Lt. Col. Raj Kumar & Anr. v. Ram Kumar Aggarwal & Ors.

Delhi High Court · 06 Aug 2018 · 2018:DHC:4891
Rajiv Sahai Endlaw
RSA 79/2018
2018:DHC:4891
civil appeal_dismissed

AI Summary

The Delhi High Court dismissed the second appeal holding that No Objection Certificates and unregistered agreements do not confer ownership and that the proper remedy is specific performance, not declaration of title.

Full Text
Translation output
RSA 79/2018
HIGH COURT OF DELHI
Date of Decision: 6th August, 2018
RSA 79/2018, CM No.20678/2018(for stay)
LT. COL. RAJ KUMAR & ANR ..... Appellants
Through: Mr. Saurabh Jain, Adv.
VERSUS
RAM KUMAR AGGARWAL & ORS ..... Respondents
Through: None.
CORAM:
HON'BLE MR. JUSTICE RAJIV SAHAI ENDLAW
JUDGMENT

1. This Second Appeal under Section 100 of the CPC impugns the judgment and decree dated 6th January, 2018 [in RCA No.30/2016 (New No.61345/2016) of the Court of Additional District Judge-12, Central] of dismissal of First Appeal under Section 96 of the CPC preferred by the appellants against the judgment and decree [dated 18th July, 2012 in Suit No.1821/2008 (Unique Case ID No.0241C0581832007) of the Court of Additional Civil Judge (North)] of dismissal of the suit filed by the appellants/plaintiffs against the respondents/defendants.
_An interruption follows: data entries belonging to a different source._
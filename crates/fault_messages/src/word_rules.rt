//! Which word of a line is at fault by its form or its range, and what it has to be.
ghost use Rattle.std.specs.Prelude.{◌≡◌, ◌++◌, is_some, option_map, OnOk};
ghost use Rattle.graph_script.specs.Arguments.{number_of, integer_of};
ghost use Rattle.graph_script.specs.Lexical.{words_of};
ghost use Rattle.fault_messages.specs.WordRules.{is_unfit, first_unfit, unfit_of, unfit_in};
ghost use Rattle.fault_messages.specs.WordRules.{counted_text, example_of, range_of, rule_of};

use crate::name_rules::{end_rule, is_end, is_node_name};
use crate::putting::{put_number, put_two_numbers};
use graph_script::{
    Counted, Form, Label, Name, Param, label_word, name_called, next_word, number_within, params_of,
};
use pw_lists::{CHANNELS_LIMIT, Memory, Text};

/// The bytes of a file word.
const FILE_BYTES_LIMIT: usize = 255;

fn is_number(low: u32, high: u32, word: &[u8]) -> bool
    ensures { result ≡ is_some (number_of low high word.now) }
{
    number_within(word, low, high).is_some()
}

// Whether it is a gain, which may have a sign.
#[tactic(auto, using(crate::proofs::WordLemmas::is_some_mapped))]
fn is_gain(high: u32, word: &[u8]) -> bool
    ensures { result ≡ is_some (integer_of high word.now) }
{
    match word {
        [] => false,
        [first, digits @ ..] => {
            if *first == b'-' {
                is_number(1, high, digits)
            } else {
                is_number(0, high, word)
            }
        }
    }
}

// Whether a word has not the form and the range of its parameter; a list is looked at last, and a
// port by the node before it.
fn is_unfit(form: Form, word: &[u8]) -> bool
    ensures { result ≡ is_unfit form word.now }
{
    match form {
        Form::New | Form::Node => !is_node_name(word),
        Form::Number { low, high, .. } => !is_number(low, high, word),
        Form::Gain { high } => !is_gain(high, word),
        Form::Channels => true,
        Form::File => FILE_BYTES_LIMIT < word.len(),
        Form::Port => false,
        Form::Output | Form::Input => !is_end(word),
    }
}

// The first such word, with its parameter.
fn first_unfit<'a>(params: &[Param], args: &'a [u8]) -> Option<(Param, &'a [u8])>
    ensures { option_map (λ unfit. (unfit.0, unfit.1.now)) result
        ≡ first_unfit params.now (words_of args.now) }
{
    let mut rest = params;
    let mut text = args;
    loop {
        match rest {
            [] => return None,
            [param, more @ ..] => match next_word(text) {
                None => return None,
                Some((word, after)) => {
                    if is_unfit(param.form, word) {
                        return Some((*param, word));
                    }
                    rest = more;
                    text = after;
                }
            },
        }
    }
}

// That of a command with these arguments.
fn unfit_of<'a>(name: Option<Name>, args: &'a [u8]) -> Option<(Param, &'a [u8])>
    ensures { option_map (λ unfit. (unfit.0, unfit.1.now)) result
        ≡ unfit_of name (words_of args.now) }
{
    match name {
        None => None,
        Some(name) => first_unfit(params_of(name), args),
    }
}

/// The word at fault of a line, with its parameter, where a number, a name, an end or a file is at
/// fault. Takes no memory.
pub fn unfit_in(line: &[u8]) -> Option<(Param, &[u8])>
    ensures { option_map (λ unfit. (unfit.0, unfit.1.now)) result ≡ unfit_in (words_of line.now) }
{
    match next_word(line) {
        None => None,
        Some((name, args)) => unfit_of(name_called(name), args),
    }
}

// What a number counts.
fn counted_text(counted: Counted) -> &'static [u8]
    ensures { result.now ≡ counted_text counted }
{
    match counted {
        Counted::Unsaid => b"",
        Counted::Frames => b" frames",
        Counted::FramesASecond => b" frames a second",
    }
}

// An example of a number.
fn example_of(label: Label) -> &'static [u8]
    ensures { result.now ≡ example_of label }
{
    match label {
        Label::Frames => b": 300 ms at 48000 a second are 14400",
        _ => b"",
    }
}

// The range of a number.
fn put_range(
    text: &mut Text,
    label: Label,
    low: u32,
    high: u32,
    counted: Counted,
) -> Result<(), Memory>
    ensures { OnOk result (text.new ≡ text.old ++ range_of label low high counted) }
{
    text.extend(label_word(label))?;
    let (low, high) = (u64::from(low), u64::from(high));
    put_two_numbers(text, b" is ", low, b" to ", high, counted_text(counted))?;
    text.extend(example_of(label))
}

/// What the word of a parameter has to be.
pub fn put_rule(text: &mut Text, param: Param, word: &[u8]) -> Result<(), Memory>
    ensures { OnOk result (text.new ≡ text.old ++ rule_of param.label param.form word.now) }
{
    match param.form {
        Form::Number { low, high, counted } => put_range(text, param.label, low, high, counted),
        Form::Gain { high } => {
            let behind = b", in 1/256: 256 is 0 dB, 128 is 0.5 or -6 dB";
            put_two_numbers(
                text,
                b"a gain is -",
                u64::from(high),
                b" to ",
                u64::from(high),
                behind,
            )
        }
        Form::Channels => {
            let behind = b" numbers from 0 to CHANNELS - 1, parted by single commas";
            text.extend(label_word(param.label))?;
            put_number(text, b" is 1 to ", CHANNELS_LIMIT, behind)
        }
        Form::File => text.extend(b"a file word has at most 255 bytes"),
        Form::Output | Form::Input => text.extend(end_rule(word)),
        Form::New | Form::Node | Form::Port => {
            text.extend(b"a name is a lower-case letter and up to 30 of a to z, 0 to 9 and _")
        }
    }
}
2. The appellants/plaintiffs, by the said suit, sought a declaration that the appellant/plaintiff no.2 Alok Kumar, who is the son of appellant/plaintiff no.1 Raj Kumar, was the owner of flat no.10A, Supriya Apartment, Pocket A-4, Paschim Vihar, New Delhi and a mandatory injunction directing the respondents/defendants to execute the requisite documents for transfer of the flat in favour of the appellant/plaintiff no.2. Further, reliefs were sought, of permanent injunction restraining the respondents/defendants from dispossessing the appellants/plaintiffs from the flat and from creating any 2018:DHC:4891 third party interest in the flat aforesaid.

3. The case of the appellants/plaintiffs in the plaint was,:i) That the father of the appellant/plaintiff no.1 and the respondents/defendants no.1 to 4 was the owner of the said flat. ii) That as per the desire of the said father, the appellant/plaintiff no.1 and the respondents/defendants no.1 to 4 agreed that the flat, after the demise of the said father, be owned by the appellant/plaintiff no.2, being the grandson. iii) That the respondents/defendants no.1 to 4 also executed No Objection Certificates in that regard. iv) However the respondents/defendants no.1 to 4 subsequently failed to execute the documents of transfer.
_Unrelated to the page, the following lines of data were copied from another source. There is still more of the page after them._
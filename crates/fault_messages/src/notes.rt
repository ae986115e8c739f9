//! Notes on a command that was accepted.
ghost use Rattle.std.specs.Prelude.{◌≡◌, ◌++◌, map, string_bytes, OnOk};
ghost use Rattle.fault_messages.specs.Notes.{run_notes, check_note, no_event, pair_head, clash_note, work_note, notes};
ghost use Rattle.fault_messages.specs.NoteHeads.{trace_note};

use crate::clashes::put_clash_text;
use crate::clipped_sinks::put_stored_note;
use crate::link_notes::put_link_notes;
use crate::lone_inputs::put_lone_notes;
use crate::note_heads::put_trace_head;
use crate::places::word_at;
use crate::putting::put_shown_pair;
use crate::reason_notes::put_reason_note;
use crate::sink_notes::put_sink_notes;
use graph_script::Script;
use pw_graph::{Event, Plan};
use pw_lists::{Memory, Text};
use refused_links::RefusedLink;
use run_results::{Clash, What, Work};
use trace_check::Reason;
use wav_files::Peak;

// Of a run.
fn put_run_notes(
    text: &mut Text,
    words: &[String],
    script: &Script,
    plan: &Plan,
    peaks: &[Peak],
    refused: &[RefusedLink],
    work: &Option<Work>,
) -> Result<(), Memory>
    ensures { OnOk result (text.new ≡ text.old
        ++ run_notes (map string_bytes words.now) script.now plan.now peaks.now refused.now
        work.now) }
{
    match work {
        None => Ok(()),
        Some(work) => {
            let (nodes, links) = (plan.nodes.as_slice(), plan.lines.as_slice());
            put_link_notes(text, words, nodes, refused, script.lines.as_slice(), links)?;
            put_lone_notes(text, words, script)?;
            put_sink_notes(text, words, script, plan, work.stores.as_slice(), peaks)
        }
    }
}

// Of a check that found the events legal, or a reason why they are not.
fn put_check_note(
    text: &mut Text,
    words: &[String],
    names: &[Text],
    reason: Option<Reason>,
    event: Option<Event>,
) -> Result<(), Memory>
    ensures { OnOk result (text.new ≡ text.old
        ++ check_note (map string_bytes words.now) names.now reason event) }
{
    match reason {
        None => Ok(()),
        Some(reason) => put_reason_note(text, words, names, event, reason),
    }
}

#[tactic(auto, unfolding(crate::specs::Notes::no_event))]
fn no_event() -> &'static [u8]
    ensures { result.now ≡ no_event }
{
    b"no event line of this script's nodes; grep -E '^(begin|start|finish|tick|end) ' \
        takes those of a run's text, and none ends with a blank or a carriage return"
}

// Of a line of a trace that is no event.
fn put_no_event(text: &mut Text, words: &[String], number: u64) -> Result<(), Memory>
    ensures { OnOk result
        (text.new ≡ text.old ++ trace_note (map string_bytes words.now) number no_event) }
{
    put_trace_head(text, words, number)?;
    text.extend(no_event())?;
    text.extend(b"\n")
}

// The two files of a filter, at the beginning of a note.
#[tactic(auto, unfolding(crate::specs::Notes::pair_head))]
fn put_pair_head(text: &mut Text, a: &[u8], b: &[u8]) -> Result<(), Memory>
    ensures { OnOk result (text.new ≡ text.old ++ pair_head a.now b.now) }
{
    put_shown_pair(text, b"pipegraph: ", a, b" and ", b, b": ")
}

// Of a filter whose objects clash.
fn put_clash_note(text: &mut Text, words: &[String], clash: Clash) -> Result<(), Memory>
    ensures { OnOk result
        (text.new ≡ text.old ++ clash_note (map string_bytes words.now) clash) }
{
    put_pair_head(text, word_at(words, 1), word_at(words, 2))?;
    put_clash_text(text, clash)?;
    text.extend(b"\n")
}

// Of a command that finds nothing: the wave that it stored, if it did.
fn put_work_note(text: &mut Text, words: &[String], work: &Option<Work>) -> Result<(), Memory>
    ensures { OnOk result (text.new ≡ text.old
        ++ work_note (map string_bytes words.now) work.now) }
{
    match work {
        None => Ok(()),
        Some(work) => put_stored_note(text, words, work.stores.as_slice()),
    }
}

/// What is to be said of a command that was accepted, by its words, by what it found and by what it
/// stored.
pub fn put_notes(
    text: &mut Text,
    words: &[String],
    what: &What,
    work: &Option<Work>,
) -> Result<(), Memory>
    ensures { OnOk result (text.new ≡ text.old
        ++ notes (map string_bytes words.now) what.now work.now) }
{
    match what {
        What::Nothing => put_work_note(text, words, work),
        What::Run {
            script,
            plan,
            peaks,
            refused,
        } => {
            let (peaks, refused) = (peaks.as_slice(), refused.as_slice());
            put_run_notes(text, words, script, plan, peaks, refused, work)
        }
        What::Check {
            names,
            reason,
            event,
        } => put_check_note(text, words, names.as_slice(), *reason, *event),
        What::NoEvent { number } => put_no_event(text, words, *number),
        What::Clash(clash) => put_clash_note(text, words, *clash),
    }
}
4. I have enquired from the counsel for the appellants/plaintiffs as to how the Suit Court, on the basis of pleas aforesaid, even if proved, could have declared the appellant/plaintiff no.2 to be the owner. Admittedly, the paternal grandfather of the appellant/plaintiff no.2 was the owner of the flat. It was/is not the case that the paternal grandfather of the appellant/plaintiff no.2 left any Will bequeathing the said flat to appellant/plaintiff no.2. In the absence of any Will, on demise of paternal grandfather of the appellant/plaintiff no.2, the flat devolved on the appellant/plaintiff no.1, and respondents/defendants no.1 to 4, being his natural heirs. The only claim in the plaint was of a No Objection Certificate having been executed by the respondents/defendants no.1 to 4 for transfer of flat in name of appellant/plaintiff no.2. It has been enquired from the counsel for the appellants/plaintiffs as to how a No Objection Certificate constitutes a document of title.
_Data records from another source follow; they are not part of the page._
//! What is wrong with the words of a command line, in words.
ghost use Rattle.std.specs.Prelude.{◌≡◌, ◌-◌, ◌++◌, map, string_bytes, OnOk};
ghost use Rattle.fault_messages.specs.MainWords.{main_meant, option_meant, wanted};
ghost use Rattle.fault_messages.specs.Places.{word};
ghost use Rattle.fault_messages.specs.Usages.{other_main, main_text, file_rule, script_rule, no_option, option_rule, run_rule};
ghost use Rattle.fault_messages.specs.Usages.{argument_rule, other_rule, word_text, missing_text, usage_text};

use crate::lines::begins;
use crate::main_words::{has_both, is_option, is_script_path, main_meant, option_meant, wanted};
use crate::places::{is_dash, word_at};
use crate::putting::{put_before, put_behind, put_quoted_shown, put_two_quoted};
use pw_lists::{Memory, Text};

// The first word, where no command is near.
#[tactic(auto, unfolding(crate::specs::Usages::other_main))]
fn put_other_main(text: &mut Text, word: &[u8]) -> Result<(), Memory>
    ensures { OnOk result (text.new ≡ text.old ++ other_main word.now) }
{
    if word == b"pipegraph".as_slice() {
        put_behind(text, word, b" is no command, but the name of this program")
    } else if is_script_path(word) {
        put_quoted_shown(
            text,
            word,
            b" is no command; did you mean: pipegraph run ",
            word,
            b"?",
        )
    } else {
        put_behind(text, word, b" is no command")
    }
}

// The first word, which is no command.
fn put_main(text: &mut Text, word: &[u8]) -> Result<(), Memory>
    ensures { OnOk result (text.new ≡ text.old ++ main_text word.now (main_meant word.now)) }
{
    match main_meant(word) {
        None => put_other_main(text, word),
        Some(name) => put_two_quoted(text, word, b" is no command; did you mean ", name, b"?"),
    }
}

// A word where a file is wanted.
#[tactic(auto, unfolding(crate::specs::Usages::file_rule))]
fn put_file_rule(text: &mut Text, word: &[u8]) -> Result<(), Memory>
    ensures { OnOk result (text.new ≡ text.old ++ file_rule word.now) }
{
    if is_dash(word) {
        put_behind(
            text,
            word,
            b" is no file word; standard input is /dev/stdin",
        )
    } else {
        put_behind(
            text,
            word,
            b": a file word has 1 to 255 bytes, the first of them no -",
        )
    }
}

#[tactic(auto, unfolding(crate::specs::Usages::script_rule))]
fn put_script_rule(text: &mut Text, word: &[u8]) -> Result<(), Memory>
    ensures { OnOk result (text.new ≡ text.old ++ script_rule word.now) }
{
    if begins(word, b"-") && !is_dash(word) {
        put_behind(
            text,
            word,
            b" is no SCRIPT; SCRIPT comes before the options",
        )
    } else {
        put_file_rule(text, word)
    }
}

// A word that is no option.
fn put_no_option(text: &mut Text, word: &[u8]) -> Result<(), Memory>
    ensures { OnOk result (text.new ≡ text.old ++ no_option word.now (option_meant word.now)) }
{
    match option_meant(word) {
        None => put_behind(
            text,
            word,
            b" is no option; these are --loops N, --ticks N, --trace and --steal",
        ),
        Some(name) => put_two_quoted(text, word, b" is no option; did you mean ", name, b"?"),
    }
}

// A word where an option is wanted.
#[tactic(auto, unfolding(crate::specs::Usages::option_rule))]
fn put_option_rule(text: &mut Text, word: &[u8]) -> Result<(), Memory>
    ensures { OnOk result (text.new ≡ text.old ++ option_rule word.now) }
{
    if is_option(word) {
        put_behind(text, word, b" is there already")
    } else if has_both(word) {
        put_behind(
            text,
            word,
            b": the value is a word of its own, as in --loops 2",
        )
    } else {
        put_no_option(text, word)
    }
}

// A word of `run`, by its place and the word before it.
#[tactic(auto, unfolding(crate::specs::Usages::run_rule))]
fn put_run_rule(text: &mut Text, place: u32, previous: &[u8], word: &[u8]) -> Result<(), Memory>
    ensures { OnOk result (text.new ≡ text.old ++ run_rule place previous.now word.now) }
{
    if place == 1 {
        put_script_rule(text, word)
    } else if previous == b"--loops".as_slice() {
        put_behind(
            text,
            word,
            b": N of --loops is 0 to 16, without a leading zero",
        )
    } else if previous == b"--ticks".as_slice() {
        put_behind(
            text,
            word,
            b": N of --ticks is 1 to 1000000, without a leading zero",
        )
    } else {
        put_option_rule(text, word)
    }
}

#[tactic(auto, unfolding(crate::specs::Usages::argument_rule))]
fn put_argument_rule(text: &mut Text, name: &[u8], word: &[u8]) -> Result<(), Memory>
    ensures { OnOk result (text.new ≡ text.old ++ argument_rule name.now word.now) }
{
    if name == b"soak".as_slice() {
        put_behind(
            text,
            word,
            b": NUMBER is 0 to 4294967295, without a leading zero",
        )
    } else {
        put_file_rule(text, word)
    }
}

// A word of another command, by its place.
#[tactic(auto, unfolding(crate::specs::Usages::other_rule))]
fn put_other_rule(text: &mut Text, name: &[u8], place: u32, word: &[u8]) -> Result<(), Memory>
    ensures { OnOk result (text.new ≡ text.old ++ other_rule name.now place word.now) }
{
    if wanted(name) < place {
        put_behind(text, word, b" is one word too many")
    } else {
        put_argument_rule(text, name, word)
    }
}

// A word at fault, by its place.
#[tactic(auto, unfolding(crate::specs::Usages::word_text))]
fn put_word(text: &mut Text, words: &[String], place: u32) -> Result<(), Memory>
    ensures { OnOk result (text.new ≡ text.old ++ word_text (map string_bytes words.now) place) }
{
    let name = word_at(words, 0);
    if place == 0 {
        return put_main(text, name);
    }
    let word = word_at(words, place);
    if name == b"run".as_slice() {
        put_run_rule(text, place, word_at(words, place - 1), word)
    } else {
        put_other_rule(text, name, place, word)
    }
}

// The word before a place; the first word for place 0.
fn word_before(words: &[String], place: u32) -> &[u8]
    ensures { result.now ≡ word (map string_bytes words.now) (place - 1) }
{
    word_at(words, place.saturating_sub(1))
}

// A word that is missing after this one.
#[tactic(auto, unfolding(crate::specs::Usages::missing_text))]
fn put_missing(text: &mut Text, before: &[u8]) -> Result<(), Memory>
    ensures { OnOk result (text.new ≡ text.old ++ missing_text before.now) }
{
    put_before(text, b"a word is missing after ", before)
}

/// A word at fault, or one that is missing.
#[tactic(auto, unfolding(crate::specs::Usages::usage_text))]
pub fn put_usage(text: &mut Text, words: &[String], place: u32) -> Result<(), Memory>
    ensures { OnOk result (text.new ≡ text.old ++ usage_text (map string_bytes words.now) place) }
{
    if (place as usize) < words.len() {
        put_word(text, words, place)
    } else {
        put_missing(text, word_before(words, place))
    }
}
5. The counsel for the appellants/plaintiffs, at this stage, states that he has just now been instructed by the appellants/plaintiffs present in the Court that the paternal grandfather of the appellant/plaintiff no.2 had nominated the appellant/plaintiff no.2 with respect to the said flat, in the records of the Ravindra Cooperative Society, which had allotted the said flat to the paternal grandfather of the appellant/plaintiff no.2. It is further stated that in terms of such nomination, a family settlement was also arrived at.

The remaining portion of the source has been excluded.